It should be possible to create a U.S. housing finance system without the need for potentially risky entities like government-sponsored mortgage finance agencies Fannie Mae and Freddie Mac, Federal Reserve Chairman Ben Bernanke said.

Bernanke, in a letter to Representative Marcy Kaptur that was released on Friday, said the housing finance system should ensure successful funding of mortgages and support a secondary mortgage market even during times of financial stress without creating firms that pose systemic risk.

There are a variety of organizational forms that might replace Fannie Mae and Freddie Mac that could likely provide mortgage credit without the systemic risks associated with these institutions in the past, he said in the letter.

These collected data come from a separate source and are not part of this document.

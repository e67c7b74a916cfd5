ghost use Rattle.std.specs.Prelude.{◌≡◌, ◌<◌, ◌≤◌, length, map, slice_get, Some, IfOk, OnOk};
ghost use Rattle.text_core.specs.declared.limits.TheConstants.{MOST_FORM_VARIABLES};
ghost use Rattle.logic_core.specs.declared.form.Form.{Form};
ghost use Rattle.coherent_form.specs.Kept.{IsRight};
ghost use Rattle.proof_text.specs.Printing.{printed, printed_line};
ghost use Rattle.proof_text.specs.ScriptOf as script;
ghost use Rattle.proof_text.specs.Showing.{IsInside, MayStep, MaySteps};

use crate::body::{ArgsText, Binding, MpText, Shown};
use crate::given::{counted, line_at, sum_of};
use crate::part::Edition;
use crate::printed::{element_names, named_line};
use coherent_form::Task;
use std::alloc::Global;
use text_core::{List, Memory, Name};
use vernacular_tree::{Context, Mp};

// A binding for each universal variable of a form, in order.
fn binds_of(alloc: Global, task: &Task, form: u32, args: &[u32]) -> Result<List<Binding>, Memory>
    requires each { (f : Form) × (slice_get task.now.forms form ≡ Some f)
        × (length args.now ≡ f.universals) }
    requires few { length args.now ≤ MOST_FORM_VARIABLES }
    ensures { IfOk result (λ binds.
        binds ≡ script.binds_of task.now (script.variables_of task.now form) 0 args.now) }
{
    let mut binds = List::new(alloc);
    for (variable, element) in args.iter().enumerate() {
        binds.push(Binding {
            label: task.label(alloc, form, variable as u32)?,
            value: task.element_name(alloc, *element)?,
        })?;
    }
    Ok(binds)
}

// An instance of a form, as a version writes it.
fn args_of(
    alloc: Global,
    edition: Edition,
    task: &Task,
    form: u32,
    args: &[u32],
) -> Result<ArgsText, Memory>
    requires each { (f : Form) × (slice_get task.now.forms form ≡ Some f)
        × (length args.now ≡ f.universals) }
    requires few { length args.now ≤ MOST_FORM_VARIABLES }
    ensures { IfOk result (λ text. text ≡
        script.args_of edition task.now (script.variables_of task.now form) args.now) }
{
    match edition {
        Edition::First => Ok(ArgsText::Listed(element_names(alloc, task, args)?)),
        Edition::Second => Ok(ArgsText::Named(binds_of(alloc, task, form, args)?)),
    }
}

/// What a step adds: the printed names of its new elements, and its line as it is shown.
#[derive(Debug, Drop)]
pub struct Addition {
    pub fresh: List<Name>,
    pub line: Shown,
}

/// Takes a step: tells what it adds, and the context goes on behind it. `Memory` is want of memory,
/// or of numbers of 32 bits.
pub fn take_step(
    alloc: Global,
    task: &Task,
    context: &mut Context,
    step: &Mp,
) -> Result<Addition, Memory>
    requires inside { IsInside task.now context.old }
    requires may { MayStep task.now context.old step.now }
    ensures fresh { IfOk result (λ added.
        added.fresh ≡ map (printed task.now) (script.fresh_of task.now context.old step.now)) }
    ensures line { IfOk result (λ added.
        added.line ≡ printed_line task.now (script.line_by task.now context.old step.now)) }
    ensures after { OnOk result (context.new ≡
        script.after_step_of task.now context.old step.now) }
    ensures inside { OnOk result (IsInside task.now context.new) }
    ensures right { IsRight task.now }
{
    let form = &task.forms().as_slice()[step.form as usize];
    let after = sum_of(context.elements, form.existentials)?;
    let fresh = counted(alloc, context.elements, form.existentials)?;
    let line = line_at(alloc, form, step.args.as_slice(), fresh.as_slice())?;
    let added = Addition {
        fresh: element_names(alloc, task, fresh.as_slice())?,
        line: named_line(alloc, task, &line)?,
    };
    context.elements = after;
    context.lines.push(line)?;
    Ok(added)
}

// A step. The context goes on behind it.
fn step_of(
    alloc: Global,
    edition: Edition,
    task: &Task,
    context: &mut Context,
    step: &Mp,
) -> Result<MpText, Memory>
    requires inside { IsInside task.now context.old }
    requires may { MayStep task.now context.old step.now }
    ensures text { IfOk result (λ text.
        text ≡ script.step_of edition task.now context.old step.now) }
    ensures after { OnOk result (context.new ≡
        script.after_step_of task.now context.old step.now) }
    ensures inside { OnOk result (IsInside task.now context.new) }
{
    let Addition { fresh, line } = take_step(alloc, task, context, step)?;
    Ok(MpText {
        cite: task.citation(alloc, step.form)?,
        args: args_of(alloc, edition, task, step.form, step.args.as_slice())?,
        fresh,
        shown: Some(line),
    })
}

// Steps in order. The context goes on behind them.
pub(crate) fn steps_of(
    alloc: Global,
    edition: Edition,
    task: &Task,
    context: &mut Context,
    steps: &[Mp],
) -> Result<List<MpText>, Memory>
    requires inside { IsInside task.now context.old }
    requires may { MaySteps task.now steps.now context.old }
    ensures text { IfOk result (λ texts.
        texts ≡ script.steps_of edition task.now steps.now context.old) }
    ensures after { OnOk result (context.new ≡
        script.after_steps task.now steps.now context.old) }
    ensures inside { OnOk result (IsInside task.now context.new) }
{
    let mut texts = List::new(alloc);
    for step in steps {
        texts.push(step_of(alloc, edition, task, context, step)?)?;
    }
    Ok(texts)
}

Fannie Mae and Freddie Mac , which own or guarantee around half of U.S. mortgages, were taken over by the federal government at the height of the financial crisis in 2008 as loan losses mounted. The firms were shareholder-owned but operated under a congressional charter, which led investors to believe the government would bail them out in a crisis.

The companies do not lend directly to home owners, but buy mortgages from lenders and repackage them as securities or hold them in their own portfolio as part of a system that was seen as ensuring widely available funding to support homeownership. Fannie Mae and Freddie Mac operate under a mandate to promote affordable housing

The firms remain under government control, and the Obama administration is only just beginning to grapple with how to overhaul the housing finance system.

Many blame the implicit government guarantee for debt issued by Fannie Mae and Freddie Mac for playing a leading role in inflating a housing bubble that then burst and led to a painful recession.

The two companies have already received more than $146 billion in assistance from the government's unlimited credit line, and Fannie Mae on Thursday asked for an additional $1.5 billion in taxpayer aid.

The Fed chairman said he backs a proposal by Treasury Secretary Timothy Geithner that would encourage risk-based pricing of any government guarantees.

Such explicit pricing is a key step toward stopping any transference of bad assets by the private sector to government agencies or enterprises, and for encouraging prudent lending and a sound mortgage finance system, he said.